**What you are asked to do:**
Retype the records in full, keeping each character as it is.

=== Begin Enclosure ===

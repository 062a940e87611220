//! Reads the rule of a parameter and of a class.
ghost use Rattle.tb_galley.specs.FieldReader.{left_of, Gives, rule_left, drawn_left, below_left};

use crate::Cause;
use crate::fields::{At, Fields};
use crate::glue_words::{after_below, after_none};
use tb_param::Rule;

impl Fields<'_> {
    /// A rule: `none`, or the kern above it, its height, which is not below 0, and the kern below it, all in scaled points.
    #[tactic(auto, unfolding(crate::specs::FieldReader::rule_left))]
    pub fn rule(&mut self) -> Result<Option<Rule>, At>
        ensures { Gives result (left_of self.new) (rule_left (left_of self.old)) }
    {
        match after_none(self.rest) {
            Some(rest) => {
                self.rest = rest;
                self.number += 1;
                Ok(None)
            }
            None => self.drawn_rule(),
        }
    }

    /// Whether a class stands below the footnotes, and with which rule: `below` and a rule, if that word is next. Before
    /// version 3 it is no word, and no number.
    #[tactic(auto, unfolding(crate::specs::FieldReader::below_left))]
    pub fn below(&mut self, version: u8) -> Result<Option<Option<Rule>>, At>
        ensures { Gives result (left_of self.new) (below_left version (left_of self.old)) }
    {
        let Some(rest) = after_below(self.rest) else {
            return Ok(None);
        };
        if version < 3 {
            return Err(At {
                field: self.number,
                cause: Cause::BadNumber,
            });
        }
        self.rest = rest;
        self.number += 1;
        Ok(Some(self.rule()?))
    }

    #[tactic(auto, unfolding(crate::specs::FieldReader::drawn_left))]
    fn drawn_rule(&mut self) -> Result<Option<Rule>, At>
        ensures { Gives result (left_of self.new) (drawn_left (left_of self.old)) }
    {
        let above = self.dimension()?;
        let height = self.dimension_from(0, Cause::Parameter)?;
        let below = self.dimension()?;
        Ok(Some(Rule {
            above,
            height,
            below,
        }))
    }
}
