//! Laws of the summary of what is shown: each function is a theorem, stated by its contract, and does nothing.

ghost use Rattle.std.specs.Prelude.{◌≡◌, List};
ghost use Rattle.tb_story.specs.Summary.{no_stories};
ghost use Rattle.tb_why.specs.WhyRun.{Shown};
ghost use Rattle.tb_why.specs.Summary.{summed};
ghost use Rattle.tb_why.specs.SummaryLaws.{AreLandedAsShipped, AreTimed, IsOrderly, sheets_at_calls, sheets_of, OfReasons, IsToldOfFault};

/// Whatever is shown: if the summary says that a float landed on a page, at a place, that page was shipped with the float's
/// box, at this place.
pub fn landed_where_shipped()
    ensures { (xs : List Shown) → AreLandedAsShipped xs (summed xs no_stories).stories }
{}

/// The sum of a story's times is the number of sheets since its float was called, if what is shown is in order: up to now
/// while the float waits, and up to where it was placed else. And the summary counts each sheet that is put out.
pub fn times_are_sheets()
    ensures sheets { (xs : List Shown) → (summed xs no_stories).sheets ≡ sheets_of 0 xs }
    ensures times { (xs : List Shown) → IsOrderly xs no_stories → AreTimed (summed xs no_stories).sheets (sheets_at_calls 0 xs) (summed xs no_stories).stories }
{}

/// Chains of classes end at the float that is itself at fault: each reason of the summary was told of its root. Either it has
/// another cause than the test of classes, and was told of the root itself; or the root was in the way of a float of its class
/// and had no reason then, or was kept by the test of classes with no float in the way that is followed.
pub fn reasons_are_of_the_float_at_fault()
    ensures { (xs : List Shown) → OfReasons (λ k. IsToldOfFault xs no_stories k) (summed xs no_stories) }
{}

=== End Enclosure ===

**Reply to the task:**
repository 062a940e87611220
//! Reads the rule of a parameter and of a class.
ghost use Rattle.tb_galley.specs.FieldReader.{left_of, Gives, rule_left, drawn_left, below_left};

use crate::Cause;
use crate::fields::{At, Fields};
use crate::glue_words::{after_below, after_none};
use tb_param::Rule;

impl Fields<'_> {
    /// A rule: `none`, or the kern above it, its height, which is not below 0, and the kern below it, all in scaled points.
    #[tactic(auto, unfolding(crate::specs::FieldReader::rule_left))]
    pub fn rule(&mut self) -> Result<Option<Rule>, At>
        ensures { Gives result (left_of self.new) (rule_left (left_of self.old)) }
    {
        match after_none(self.rest) {
            Some(rest) => {
                self.rest = rest;
                self.number += 1;
                Ok(None)
            }
            None => self.drawn_rule(),
        }
    }

    /// Whether a class stands below the footnotes, and with which rule: `below` and a rule, if that word is next. Before
    /// version 3 it is no word, and no number.
    #[tactic(auto, unfolding(crate::specs::FieldReader::below_left))]
    pub fn below(&mut self, version: u8) -> Result<Option<Option<Rule>>, At>
        ensures { Gives result (left_of self.new) (below_left version (left_of self.old)) }
    {
        let Some(rest) = after_below(self.rest) else {
            return Ok(None);
        };
        if version < 3 {
            return Err(At {
                field: self.number,
                cause: Cause::BadNumber,
            });
        }
        self.rest = rest;
        self.number += 1;
        Ok(Some(self.rule()?))
    }

    #[tactic(auto, unfolding(crate::specs::FieldReader::drawn_left))]
    fn drawn_rule(&mut self) -> Result<Option<Rule>, At>
        ensures { Gives result (left_of self.new) (drawn_left (left_of self.old)) }
    {
        let above = self.dimension()?;
        let height = self.dimension_from(0, Cause::Parameter)?;
        let below = self.dimension()?;
        Ok(Some(Rule {
            above,
            height,
            below,
        }))
    }
}
//! Laws of the summary of what is shown: each function is a theorem, stated by its contract, and does nothing.

ghost use Rattle.std.specs.Prelude.{◌≡◌, List};
ghost use Rattle.tb_story.specs.Summary.{no_stories};
ghost use Rattle.tb_why.specs.WhyRun.{Shown};
ghost use Rattle.tb_why.specs.Summary.{summed};
ghost use Rattle.tb_why.specs.SummaryLaws.{AreLandedAsShipped, AreTimed, IsOrderly, sheets_at_calls, sheets_of, OfReasons, IsToldOfFault};

/// Whatever is shown: if the summary says that a float landed on a page, at a place, that page was shipped with the float's
/// box, at this place.
pub fn landed_where_shipped()
    ensures { (xs : List Shown) → AreLandedAsShipped xs (summed xs no_stories).stories }
{}

/// The sum of a story's times is the number of sheets since its float was called, if what is shown is in order: up to now
/// while the float waits, and up to where it was placed else. And the summary counts each sheet that is put out.
pub fn times_are_sheets()
    ensures sheets { (xs : List Shown) → (summed xs no_stories).sheets ≡ sheets_of 0 xs }
    ensures times { (xs : List Shown) → IsOrderly xs no_stories → AreTimed (summed xs no_stories).sheets (sheets_at_calls 0 xs) (summed xs no_stories).stories }
{}

/// Chains of classes end at the float that is itself at fault: each reason of the summary was told of its root. Either it has
/// another cause than the test of classes, and was told of the root itself; or the root was in the way of a float of its class
/// and had no reason then, or was kept by the test of classes with no float in the way that is followed.
pub fn reasons_are_of_the_float_at_fault()
    ensures { (xs : List Shown) → OfReasons (λ k. IsToldOfFault xs no_stories k) (summed xs no_stories) }
{}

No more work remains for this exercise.